We're using 0.17.8 in production. About a week ago I changed from
storing our web sessions in our DB to storing them in ElasticSearch.

We have about 50m sessions, stored in an index with 1 primary shard and
1 replica, which amounts to about 11GB of data.

All was working well, then today we suddenly had 3 minutes of requests
to the session index timing out (>30 seconds).

The node with the primary shard had high loads and was in the process of
doing a merge which lasted about 5 minutes.

Is there anything I should tweak to make these merges lighter?

thanks

Clint


(Shay Banon) #2

Was there just a single merge running, or several of those? If its a single merge, then only the feature of throttling the actual merge in upcoming 4.0 will allow that… . If there were other merges going, we can configure things so less merges will run concurrently.

On Tuesday, March 13, 2012 at 6:27 PM, Clinton Gormley wrote:

Hiya

We're using 0.17.8 in production. About a week ago I changed from
storing our web sessions in our DB to storing them in ElasticSearch.

We have about 50m sessions, stored in an index with 1 primary shard and
1 replica, which amounts to about 11GB of data.

All was working well, then today we suddenly had 3 minutes of requests
to the session index timing out (>30 seconds).

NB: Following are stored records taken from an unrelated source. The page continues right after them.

//! The history of an archive: a folder of the crate `folders` with each solution file that was taken, by day.
//!
//! Read `specs/History.antt` first: the names of such a file, and what it is that one was added. `specs/Kept.antt` has what is
//! kept of it, and `specs/Markers.antt` by what it is found again. The definitions in `specs/Steps.antt` are only for private
//! functions. README.md shows how the crate is called.
#![tactic(auto)]

mod history;
mod history_fault;
mod history_folder;
mod kept_text;
mod laws;
mod marker;
mod matching;
mod names;
mod record_outcome;
mod stamp;

pub use history::{NAMES, record};
pub use history_fault::HistoryFault;
pub use history_folder::HistoryFolder;
pub use laws::kept_files;
pub use record_outcome::RecordOutcome;
pub use stamp::Stamp;
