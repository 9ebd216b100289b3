//! Times as a log and the history spell them.

ghost use Rattle.std.specs.Prelude.{◌≡◌, IfOk, string_bytes};
ghost use Rattle.archive_history.specs.Times.{IsStamp, ShowsMoment, compact, day_of};

use arrayvec::ArrayString;
use jiff::Timestamp;
use jiff::fmt::temporal::DateTimePrinter;
use std::alloc::{AllocError, Allocator};
use std::marker::Model;
use std::time::Clock;

/// A moment in UTC to the millisecond, as RFC 3339 spells it: `2026-11-27T09:15:00.123Z`.
#[derive(Drop)]
pub struct Stamp {
    text: ArrayString<33>,
}

impl Model for Stamp {
    ghost use Rattle.std.specs.Prelude.{ℕ, List};

    ghost Value = { List ℕ };

    ghost view = { λ s. s.text.bytes };
}

impl Stamp {
    /// The stamp of a moment. What is below a millisecond is cut off.
    pub fn of(moment: Timestamp) -> Self
        ensures { IsStamp moment result }
    {
        let printer = DateTimePrinter::new().precision(Some(3));
        Stamp {
            text: printer.timestamp_text(moment.to_plain()),
        }
    }

    /// The moment that the clock shows. One that cannot be read counts as one at the start of 1970.
    pub fn now(clock: &impl Clock) -> Self
        ensures { ShowsMoment result }
    {
        Stamp::of(Timestamp::now(clock).unwrap_or(Timestamp::UNIX_EPOCH))
    }

    /// The text.
    pub fn as_str(&self) -> &str
        ensures { result.now ≡ self.now }
    {
        self.text.as_str()
    }

    /// The text without dashes and colons, as a name of a file begins: `20261127T091500.123Z`.
    pub(crate) fn compact<A: Allocator + Copy>(&self, alloc: A) -> Result<String<A>, AllocError>
        ensures { IfOk result (λ text. string_bytes text ≡ compact self.now) }
    {
        self.text
            .as_str()
            .chars()
            .filter(|c| *c != '-' && *c != ':')
            .collect(alloc)
    }

    /// The day alone, as its folder is named: `2026-11-27`.
    pub(crate) fn day<A: Allocator + Copy>(&self, alloc: A) -> Result<String<A>, AllocError>
        ensures { IfOk result (λ text. string_bytes text ≡ day_of self.now) }
    {
        self.text
            .as_str()
            .chars()
            .take_while(|c| *c != 'T')
            .collect(alloc)
    }
}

The node with the primary shard had high loads and was in the process of
doing a merge which lasted about 5 minutes.

Is there anything I should tweak to make these merges lighter?

thanks

Clint


(Clinton Gormley) #3

On Wed, 2012-03-14 at 14:18 +0200, Shay Banon wrote:

Was there just a single merge running, or several of those? If its a
single merge, then only the feature of throttling the actual merge in
upcoming 4.0 will allow that… . If there were other merges going, we
can configure things so less merges will run concurrently.

There was just a single merge happening on that index. I'm not sure
about any of the other indices.

But it looked like a biggie: the index dir shrank by 6GB once it was
done.

Nothing I can control with maximum segment size or anything?

ta

clint

On Tuesday, March 13, 2012 at 6:27 PM, Clinton Gormley wrote:

Hiya

We're using 0.17.8 in production. About a week ago I changed from
storing our web sessions in our DB to storing them in ElasticSearch.

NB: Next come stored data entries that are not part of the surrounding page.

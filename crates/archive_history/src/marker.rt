//! The marker of a copy: a file beside it, named by the checksum of its bytes, that has its name. By it the same bytes are
//! found again, however many copies a day has.

ghost use Rattle.std.specs.Prelude.{◌≡◌, ◌≤◌, ℕ, List, true, IfOk, IfSome, string_bytes};
ghost use Rattle.std.specs.List.{list_all};
ghost use Rattle.folders.specs.Folder.{Stays};
ghost use Rattle.archive_history.specs.Markers.{IsMarker, is_name_byte, is_copy_name, marker_of, name_in_day};

use folders::{Contents, Folder};
use sha2::{Digest, Sha256};
use std::alloc::{AllocError, Allocator};
use std::io;
use std::io::Write;

// The length of a checksum.
const DIGEST: usize = 32;

// A writer that takes the checksum of what it is given.
#[derive(Drop)]
struct Hashing {
    hasher: Sha256,
}

impl Write for Hashing {
    fn write(&mut self, buf: &[u8]) -> io::Result<usize> {
        self.hasher.update(buf);
        Ok(buf.len())
    }

    fn flush(&mut self) -> io::Result<()> {
        Ok(())
    }
}

// The SHA-256 of a text.
fn digest_of<C: Contents>(text: &C) -> [u8; DIGEST] {
    let mut hashing = Hashing {
        hasher: Sha256::new(),
    };
    // This writer takes all bytes. The checksum only names a marker: the copies are compared.
    let _ = text.write_to(&mut hashing);
    hashing.hasher.finalize()
}

/// The name of the marker of a text, from the folder of its day on.
///
/// # Errors
///
/// Out of memory.
pub(crate) fn marker_of<A: Allocator + Copy, C: Contents>(
    alloc: A,
    day: &str,
    text: &C,
) -> Result<String<A>, AllocError>
    ensures { IfOk result (λ marker. IsMarker day.now (string_bytes marker)) }
{
    let digits = hex::encode(alloc, digest_of(text).as_slice())?;
    format!(in alloc; "{day}/.{digits}")
}

// Whether a byte may stand in the name of a copy: a digit, a letter, a dash or a dot.
fn is_name_byte(byte: u8) -> bool
    ensures { result ≡ is_name_byte byte }
{
    byte.is_ascii_alphanumeric() || byte == b'-' || byte == b'.'
}

fn has_name_bytes(name: &[u8]) -> bool
    ensures { result ≡ list_all is_name_byte name.now }
{
    name.iter().all(|byte| is_name_byte(*byte))
}

// Whether a name is one that a copy can have in the folder of its day: so it has no slash.
fn is_copy_name(name: &str) -> bool
    ensures { result ≡ is_copy_name name.now }
{
    has_name_bytes(name.as_bytes()) && name.as_bytes().ends_with(b".tws")
}

// The name that a marker has, if it has one that a copy can have.
fn marked_name<F: Folder, A: Allocator + Copy>(
    alloc: A,
    folder: &mut F,
    marker: &str,
) -> Option<String<A>>
    ensures name { IfSome result (λ name. is_copy_name (string_bytes name) ≡ true) }
    ensures same { F.has_model ≡ true → (other : List ℕ) → Stays F.model folder.old folder.new other }
    ensures more { F.faults folder.old ≤ F.faults folder.new }
{
    let Ok(Some(bytes)) = folder.read(alloc, marker) else {
        return None;
    };
    let Ok(name) = String::from_utf8(bytes) else {
        return None;
    };
    if is_copy_name(name.as_str()) {
        Some(name)
    } else {
        None
    }
}

/// The copy that a marker names, from the folder of its day on; `None` if there is no marker, it has no name that a copy can
/// have, or there is no memory for the name.
pub(crate) fn marked_copy<F: Folder, A: Allocator + Copy>(
    alloc: A,
    folder: &mut F,
    day: &str,
    marker: &str,
) -> Option<String<A>>
    ensures name { IfSome result (λ copy. (name : List ℕ) × (is_copy_name name ≡ true) × (string_bytes copy ≡ name_in_day day.now name)) }
    ensures same { F.has_model ≡ true → (other : List ℕ) → Stays F.model folder.old folder.new other }
    ensures more { F.faults folder.old ≤ F.faults folder.new }
{
    let name = marked_name(alloc, folder, marker)?;
    let Ok(copy) = format!(in alloc; "{day}/{name}") else {
        return None;
    };
    Some(copy)
}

We have about 50m sessions, stored in an index with 1 primary shard
and
1 replica, which amounts to about 11GB of data.

All was working well, then today we suddenly had 3 minutes of
requests
to the session index timing out (>30 seconds).

The node with the primary shard had high loads and was in the
process of
doing a merge which lasted about 5 minutes.

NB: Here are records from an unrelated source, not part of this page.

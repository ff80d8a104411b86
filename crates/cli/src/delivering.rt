//! Deliveries.
ghost use Rattle.std.specs.Prelude.{◌≡◌, IfErr, IfOk};
ghost use Rattle.std.specs.Io.KnownBytes.{Appends};
ghost use Rattle.cli_answers.specs.AnswerText.{counts_line};
ghost use Rattle.cli_failures.specs.Report.{UnlessLate};
ghost use Rattle.cli.specs.Delivered.{FailsToDeliver, IsDelivered, IsFailureOfDelivery};
ghost use Rattle.cli.specs.Host.{host};

use crate::at_path::AtPath;
use crate::writing::write_counts;
use cli_failures::{Failure, Source};
use cli_steps::deliver_believing;
use cli_store::Stores;
use sqlite_disk::Disk;
use statements_facts::Counts;
use std::alloc::Global;
use std::io::Write;
use std::marker::PhantomData;
use store::Store;

/// What `deliver` names.
#[derive(Clone, Copy, Debug, PartialEq, Eq)]
pub struct Delivery<'a> {
    /// The file of the store.
    pub store: &'a str,
    /// The file of the fingerprints of good signatures.
    pub verdicts: &'a str,
    /// The file of the issuer's certificate.
    pub issuer: &'a str,
    /// The file of the statement.
    pub file: &'a str,
}

// Delivers what the words name.
fn deliver_facts<'a, D: Disk + Drop, S: Source + Stores<Store<D>>>(
    source: &S,
    alloc: Global,
    words: Delivery<'a>,
) -> Result<Counts, Failure<'a>>
    ensures delivered { IfOk result
        (IsDelivered (host S.holds S.places source.now) words.entry) }
    ensures fails { IfErr result
        (IsFailureOfDelivery (host S.holds S.places source.now) words.entry) }
{
    let mut store: AtPath<'a, '_, D, S> = AtPath {
        source,
        path: words.store,
        disk: PhantomData,
    };
    deliver_believing(
        &mut store,
        source,
        alloc,
        words.verdicts,
        words.issuer,
        words.file,
    )
}

/// Delivers the statement in the file to the store, under the issuer's certificate, and writes how its facts were counted. Both files
/// are read once, before the store is opened. Where no store is there it is made, but not for a statement that is refused.
pub fn deliver<'a, D: Disk + Drop, S: Source + Stores<Store<D>>, O: Write>(
    source: &S,
    alloc: Global,
    words: Delivery<'a>,
    out: &mut O,
) -> Result<Counts, Failure<'a>>
    ensures delivered { IfOk result
        (IsDelivered (host S.holds S.places source.now) words.entry) }
    ensures written { IfOk result (λ counts.
        Appends (O.contents out.old) (O.contents out.new) (counts_line counts)) }
    ensures fails { IfErr result (FailsToDeliver (host S.holds S.places source.now)
        words.entry (O.contents out.old) (O.contents out.new)) }
    ensures quiet { IfErr result (λ failure. UnlessLate failure (out.new ≡ out.old)) }
{
    let counts = deliver_facts(source, alloc, words)?;
    match write_counts(&counts, out) {
        Ok(()) => Ok(counts),
        Err(_) => Err(Failure::Unwritable),
    }
}
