//! One run of the program: what the words of its command line ask for, deliveries to the store at a path, verdicts by what stores at
//! paths hold, what one holds, and how it says what failed.
#![tactic(auto)]

mod at_path;
mod checking;
mod comparing;
mod delivering;
mod execution;
mod explanation;
mod finding;
mod listing;
mod policy_checking;
mod sessions;
mod starting;
mod writing;

pub use at_path::StorePair;
pub use checking::check;
pub use cli_answers::{comparison_status, search_status, verdict_status};
pub use cli_failures::{Extent, Failure, Source};
pub use cli_store::{AnyFiles, Connected, Machine, Stores};
pub use comparing::compare;
pub use delivering::{Delivery, deliver};
pub use execution::{Ended, execute, executed};
pub use explanation::explain;
pub use finding::find;
pub use listing::list;
pub use policy_checking::check_with_policies;
pub use sessions::{SessionWords, session};
pub use starting::start;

Is there anything I should tweak to make these merges lighter?

thanks

Clint


(Shay Banon) #4

Yes, you can definitely tweak those settings in the tiered merge policy (you can configure max segment to merge size), so reduce the changes of very large merges running. Note though, be careful not to end up with too many segments (the segments API is your friend here), and possibly schedule explicit optimize on quiet times.

On Wednesday, March 14, 2012 at 2:22 PM, Clinton Gormley wrote:

On Wed, 2012-03-14 at 14:18 +0200, Shay Banon wrote:

Was there just a single merge running, or several of those? If its a
single merge, then only the feature of throttling the actual merge in
upcoming 4.0 will allow that… . If there were other merges going, we
can configure things so less merges will run concurrently.

There was just a single merge happening on that index. I'm not sure
about any of the other indices.

But it looked like a biggie: the index dir shrank by 6GB once it was
done.

Nothing I can control with maximum segment size or anything?

ta

clint

On Tuesday, March 13, 2012 at 6:27 PM, Clinton Gormley wrote:

Hiya

We're using 0.17.8 in production. About a week ago I changed from
storing our web sessions in our DB to storing them in ElasticSearch.

We have about 50m sessions, stored in an index with 1 primary shard
and
1 replica, which amounts to about 11GB of data.

All was working well, then today we suddenly had 3 minutes of
requests
to the session index timing out (>30 seconds).

The node with the primary shard had high loads and was in the
process of
doing a merge which lasted about 5 minutes.

Is there anything I should tweak to make these merges lighter?

thanks

Clint


(system) #5